Recorded data –
────────
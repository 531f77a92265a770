//! sets_show: runs the request sets at the edges of their words and writes what they answer.
#![tactic(auto)]

ghost use Rattle.std.specs.Prelude.{◌≤◌};

use required_indices::RequiredIndices;
use std::io;

fn said(b: bool) -> &'static str {
    if b { "yes" } else { "no" }
}

// The indices of a set in order.
fn indices(rt: &impl Print, r: RequiredIndices) -> io::Result<()> {
    let mut at = 0;
    while let Some(i) = r.next(at) {
        print!(rt; " {i}")?;
        at = i + 1;
    }
    println!(rt;)
}

// The indices of a, and those of r from n on: split off, and moved back.
fn behind(a: RequiredIndices, r: RequiredIndices, n: usize) -> RequiredIndices {
    let s = r.split_off(n);
    a.followed_by(n, s.rest)
}

// Whether r has n, its two parts at n, these put together again, and the second put behind a set of 1 with the flag.
fn parts(rt: &impl Print, r: RequiredIndices, n: usize) -> io::Result<()> {
    let here = r.contains(n);
    println!(rt; "at {n} {}", said(here))?;
    print!(rt; "  below:")?;
    let s = r.split_off(n);
    indices(rt, s.below)?;
    print!(rt; "  rest:")?;
    indices(rt, s.rest)?;
    print!(rt; "  again:")?;
    indices(rt, behind(s.below, r, n))?;
    let one = RequiredIndices::new()
        .with_index(1)
        .with_projection_beneficial();
    let both = behind(one, r, n);
    print!(rt; "  with 1: {}", said(both.projection_beneficial()))?;
    indices(rt, both)
}

// How many indices a set has.
fn size(r: RequiredIndices) -> usize {
    r.len()
}

// All indices below n: how many, whether r has all of them, what r is with them, whether that is all below 512.
fn all(rt: &impl Print, r: RequiredIndices, n: usize) -> io::Result<()>
    requires { n ≤ 512 }
{
    let a = RequiredIndices::new_for_all_exprs(n);
    let both = r.append(a);
    let whole = RequiredIndices::new_for_all_exprs(512);
    print!(rt; "all below {n}: {} {}", size(a), said(a.is_empty()))?;
    print!(rt;
        " {} {}",
        said(r.contains_all(a)),
        said(whole.contains_all(a))
    )?;
    print!(rt; " {} {}", size(both), said(both.equals(whole)))?;
    println!(rt; " {}", said(both.projection_beneficial()))
}

fn main(rt: HostRuntime) -> io::Result<()> {
    let r = RequiredIndices::new()
        .with_index(127)
        .with_index(0)
        .with_index(64)
        .with_index(511)
        .with_index(63)
        .with_index(300)
        .with_index(0);
    print!(rt; "set:")?;
    indices(&rt, r)?;
    for n in [0, 63, 64, 127, 300, 511, 512] {
        parts(&rt, r, n)?;
    }
    all(&rt, r, 0)?;
    all(&rt, r, 63)?;
    all(&rt, r, 64)?;
    all(&rt, r, 127)?;
    all(&rt, r, 300)?;
    all(&rt, r, 511)?;
    all(&rt, r.with_projection_beneficial(), 512)
}
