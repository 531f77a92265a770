//! The parts of a node: what do their references find, and what fields do they give?
//!
//! Table t has 513 numbers of `names` from 513 * t on: how many columns it has, then their names. A row of fields is named by its first field.
#![tactic(auto)]

ghost use Rattle.std.specs.Prelude.{Bool, map, ◌≡◌, ℕ, ◌+◌, ◌*◌, ◌<◌, ◌≤◌, length, get_or};
ghost use Rattle.arena.specs.Cells.{expr_at, Wf};
ghost use Rattle.arena.specs.Rows.{pair_at};
ghost use Rattle.cpl.specs.Accept.{Test, each_passes, on_passes};
ghost use Rattle.cpl.specs.Exprs.{agg_exprs, call_exprs, win_exprs};
ghost use Rattle.cpl.specs.Fields.{scan_field};
ghost use Rattle.cpl.specs.Plan.{Pair};
ghost use Rattle.cpl.specs.Tests.{all_b, concat_map, iota};
ghost use Rattle.lookup.specs.Answers.{Resolved, resolving};
ghost use Rattle.lookup.specs.Fields.{fields_of, Filled, left_row, pair_of, right_row, row_at, RowIn, SchemaClear, SidesClear};
ghost use Rattle.parts.specs.Catalogue.{column_count, table_at, TableIn};
ghost use Rattle.parts.specs.Parts.{ColumnOk, WinInside};
ghost use Rattle.tree.specs.Rows.{AggOk, AllAt, EachOk, ExprOk, Inside, OnOk, WinOk, aggs_at, call_of, columns_at, exprs_at, list_at, on_at, one, ons_at, pairs_at, win_at, win_size, wins_at};

use lookup::{Schema, Sides, Unresolved};
use tree::Field;

/// What `count` things find together, where `find` answers what the thing at place i of them finds: unknown comes before ambiguous.
fn resolve_each<F: Fn(usize) -> Result<(), Unresolved>>(
    count: usize,
    find: F,
) -> Result<(), Unresolved>
    requires { (i : ℕ) → i < count → F.pre find i }
    ensures { (at : ℕ → Test → Bool) → ((i : ℕ) → i < count → (r : Resolved) → F.post find i r → r ≡ resolving (at i)) → result ≡ resolving (λ test. all_b (λ i. at i test) (list_at (λ i. i) one 0 count)) }
{
    let mut all = Ok(());
    for i in 0..count {
        all = lookup::both_resolved(all, find(i));
    }
    all
}

/// What the references of the expressions in `count` rows from `first` on find among the fields of a row. The rows are those of
/// well formed expressions; the fields lie in the array, and do not clash where `clear` is said.
pub fn resolve_roots(
    cells: &[u64],
    rows: &[u16],
    first: usize,
    count: usize,
    schema: &Schema,
    clear: bool,
) -> Result<(), Unresolved>
    requires each_ok { EachOk (ExprOk rows.now cells.now) rows.now first count }
    requires row_clear { SchemaClear schema.now clear }
    ensures { result ≡ resolving (each_passes (exprs_at rows.now cells.now first count) (fields_of schema.now)) }
{
    resolve_each(count, |i| {
        let row = arena::row_at(rows, first + i);
        lookup::resolve_expr(cells, row.root, schema, clear)
    })
}

/// What the references of a call find. A function other than 0 has the root of a well formed expression; the fields lie in the array, and
/// do not clash where `clear` is said.
fn resolve_call(
    cells: &[u64],
    function: u16,
    root: usize,
    schema: &Schema,
    clear: bool,
) -> Result<(), Unresolved>
    requires wf { 0 < function → Wf cells.now (root + 1) }
    requires row_clear { SchemaClear schema.now clear }
    ensures { result ≡ resolving (each_passes (call_exprs (call_of function (expr_at cells.now root))) (fields_of schema.now)) }
{
    if function == 0 {
        return Ok(());
    }
    lookup::resolve_expr(cells, root, schema, clear)
}

/// What the references of the aggregates in `count` rows from `first` on find. The rows are those of aggregates; the fields lie in the array,
/// and do not clash where `clear` is said.
pub fn resolve_aggs(
    cells: &[u64],
    rows: &[u16],
    first: usize,
    count: usize,
    schema: &Schema,
    clear: bool,
) -> Result<(), Unresolved>
    requires each_ok { EachOk (AggOk rows.now cells.now) rows.now first count }
    requires row_clear { SchemaClear schema.now clear }
    ensures { result ≡ resolving (each_passes (concat_map agg_exprs (aggs_at rows.now cells.now first count)) (fields_of schema.now)) }
{
    resolve_each(count, |i| {
        let row = tree::agg_at(rows, first + i);
        resolve_call(cells, row.function, row.root, schema, clear)
    })
}

/// What the references of the window from row `i` on find. The rows are those of a window; the fields lie in the array, and do not clash where
/// `clear` is said.
fn resolve_win(
    cells: &[u64],
    rows: &[u16],
    i: usize,
    schema: &Schema,
    clear: bool,
) -> Result<(), Unresolved>
    requires win_ok { WinOk rows.now cells.now i }
    requires row_clear { SchemaClear schema.now clear }
    ensures { result ≡ resolving (each_passes (win_exprs (win_at rows.now cells.now i)) (fields_of schema.now)) }
{
    let w = tree::win_at(rows, i);
    let call = resolve_call(cells, w.function, w.root, schema, clear);
    let parts = resolve_roots(cells, rows, i + 1, w.parts, schema, clear);
    let keys = resolve_roots(cells, rows, w.key, w.keys, schema, clear);
    let rest = lookup::both_resolved(parts, keys);
    lookup::both_resolved(call, rest)
}

/// What the references of `count` windows from row `first` on find. The rows are those of windows; the fields lie in the array, and do
/// not clash where `clear` is said.
pub fn resolve_wins(
    cells: &[u64],
    rows: &[u16],
    first: usize,
    count: usize,
    schema: &Schema,
    clear: bool,
) -> Result<(), Unresolved>
    requires all_at { AllAt (WinOk rows.now cells.now) (win_size rows.now) first count }
    requires row_clear { SchemaClear schema.now clear }
    ensures { result ≡ resolving (each_passes (concat_map win_exprs (wins_at rows.now cells.now first count)) (fields_of schema.now)) }
{
    let mut all = Ok(());
    let mut row = first;
    for _ in 0..count {
        let one = resolve_win(cells, rows, row, schema, clear);
        all = lookup::both_resolved(all, one);
        let w = tree::win_at(rows, row);
        row = w.next;
    }
    all
}

/// What the halves of the pair in row `i` find, each in its own side. The row is that of a pair, and the sides lie in the array.
fn resolve_on(
    cells: &[u64],
    rows: &[u16],
    i: usize,
    fields: &[u16],
    sides: Sides,
) -> Result<(), Unresolved>
    requires on_ok { OnOk rows.now cells.now i }
    requires sides_clear { SidesClear fields.now sides }
    ensures { result ≡ resolving (λ test. on_passes (left_row fields.now sides) (right_row fields.now sides) test (on_at rows.now cells.now i)) }
{
    let left = Schema {
        fields,
        first: sides.left,
        width: sides.lwidth,
    };
    let right = Schema {
        fields,
        first: sides.right,
        width: sides.rwidth,
    };
    let on = tree::on_at(rows, i);
    let a = lookup::resolve_expr(cells, on.left, &left, sides.clear);
    let b = lookup::resolve_expr(cells, on.right, &right, sides.clear);
    lookup::both_resolved(a, b)
}

/// What the halves of the pairs of a join in `count` rows from `first` on find, each in its own side. The rows are those of pairs, and
/// the sides lie in the array.
pub fn resolve_ons(
    cells: &[u64],
    rows: &[u16],
    first: usize,
    count: usize,
    fields: &[u16],
    sides: Sides,
) -> Result<(), Unresolved>
    requires each_ok { EachOk (OnOk rows.now cells.now) rows.now first count }
    requires sides_clear { SidesClear fields.now sides }
    ensures { result ≡ resolving (λ test. all_b (on_passes (left_row fields.now sides) (right_row fields.now sides) test) (ons_at rows.now cells.now first count)) }
{
    resolve_each(count, |i| resolve_on(cells, rows, first + i, fields, sides))
}

/// `n` fields are put from field `to` on: the field at place i of them is what `read` answers for i. They lie in the array.
fn fill<F: Fn(usize) -> Field>(fields: &mut [u16], to: usize, n: usize, read: F)
    requires row_in { RowIn fields.old to n }
    requires callable { (i : ℕ) → i < n → F.pre read i }
    ensures { (at : ℕ → Pair) → ((i : ℕ) → i < n → (f : Field) → F.post read i f → pair_of f ≡ at i) → Filled to n (list_at at one 0 n) fields.old fields.new }
{
    for i in 0..n {
        lookup::put_field(fields, to + i, read(i));
    }
}

/// The pairs of `n` rows from `first` on are put from field `to` on. The rows lie in the array, and so do the fields.
pub fn take_pairs(fields: &mut [u16], to: usize, rows: &[u16], first: usize, n: usize)
    requires { RowIn fields.old to n × EachOk (Inside rows.now) rows.now first n }
    ensures { Filled to n (pairs_at rows.now first n) fields.old fields.new }
{
    fill(fields, to, n, |i| tree::pair_at(rows, first + i));
}

/// The pairs of `n` windows from row `first` on are put from field `to` on. The rows lie in the array, and so do the fields. A loop of its own
/// beside `fill`: a window says where the one behind it starts, so its row does not follow from its number.
pub fn win_pairs(fields: &mut [u16], to: usize, rows: &[u16], first: usize, n: usize)
    requires { RowIn fields.old to n × AllAt (WinInside rows.now) (win_size rows.now) first n }
    ensures { Filled to n (list_at (pair_at rows.now) (win_size rows.now) first n) fields.old fields.new }
{
    let mut row = first;
    for i in 0..n {
        let w = tree::win_at(rows, row);
        let f = Field {
            qualifier: w.qualifier,
            name: w.name,
        };
        lookup::put_field(fields, to + i, f);
        row = w.next;
    }
}

/// How many columns table `t`, which lies in the array, has.
pub fn columns(names: &[u16], t: usize) -> usize
    requires { TableIn names.now t }
    ensures { result ≡ length (table_at names.now t) }
{
    usize::from(names[t * 513])
}

/// Name `i` of table `t`, which lies in the array and has more than `i` columns.
pub fn name_at(names: &[u16], t: usize, i: usize) -> u16
    requires table_in { TableIn names.now t }
    requires i_in_bounds { i < length (table_at names.now t) }
    ensures { result ≡ get_or (table_at names.now t) i 0 }
{
    names[t * 513 + 1 + i]
}

/// All columns of table `t` under a qualifier are put from field `to` on. The table lies in the array, and so do the fields.
pub fn scan_all(fields: &mut [u16], to: usize, names: &[u16], t: usize, qualifier: u16)
    requires table_in { TableIn names.now t }
    requires row_in { RowIn fields.old to (length (table_at names.now t)) }
    ensures { Filled to (length (table_at names.now t)) (map (scan_field (table_at names.now t) qualifier) (iota 0 (length (table_at names.now t)))) fields.old fields.new }
{
    let n = columns(names, t);
    fill(
        fields,
        to,
        n,
        |i| Field {
            qualifier,
            name: name_at(names, t, i),
        },
    );
}

/// The columns of table `t` whose indices stand in `n` rows from `first` on are put from field `to` on, under a qualifier. The table, the rows
/// and the fields lie in their arrays, and the indices are the table's.
pub fn scan_given(
    fields: &mut [u16],
    to: usize,
    names: &[u16],
    t: usize,
    qualifier: u16,
    rows: &[u16],
    first: usize,
    n: usize,
)
    requires table_in { TableIn names.now t }
    requires row_in { RowIn fields.old to n × EachOk (ColumnOk rows.now (length (table_at names.now t))) rows.now first n }
    ensures { Filled to n (map (scan_field (table_at names.now t) qualifier) (columns_at rows.now first n)) fields.old fields.new }
{
    fill(fields, to, n, |i| {
        let column = tree::column_at(rows, first + i);
        Field {
            qualifier,
            name: name_at(names, t, column),
        }
    });
}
────────
Requirement –
Among the lines above, show every one that contains the string "clash".

Completed exercise –
/// well formed expressions; the fields lie in the array, and do not clash where `clear` is said.
/// do not clash where `clear` is said.
/// and do not clash where `clear` is said.
/// What the references of the window from row `i` on find. The rows are those of a window; the fields lie in the array, and do not clash where
/// not clash where `clear` is said.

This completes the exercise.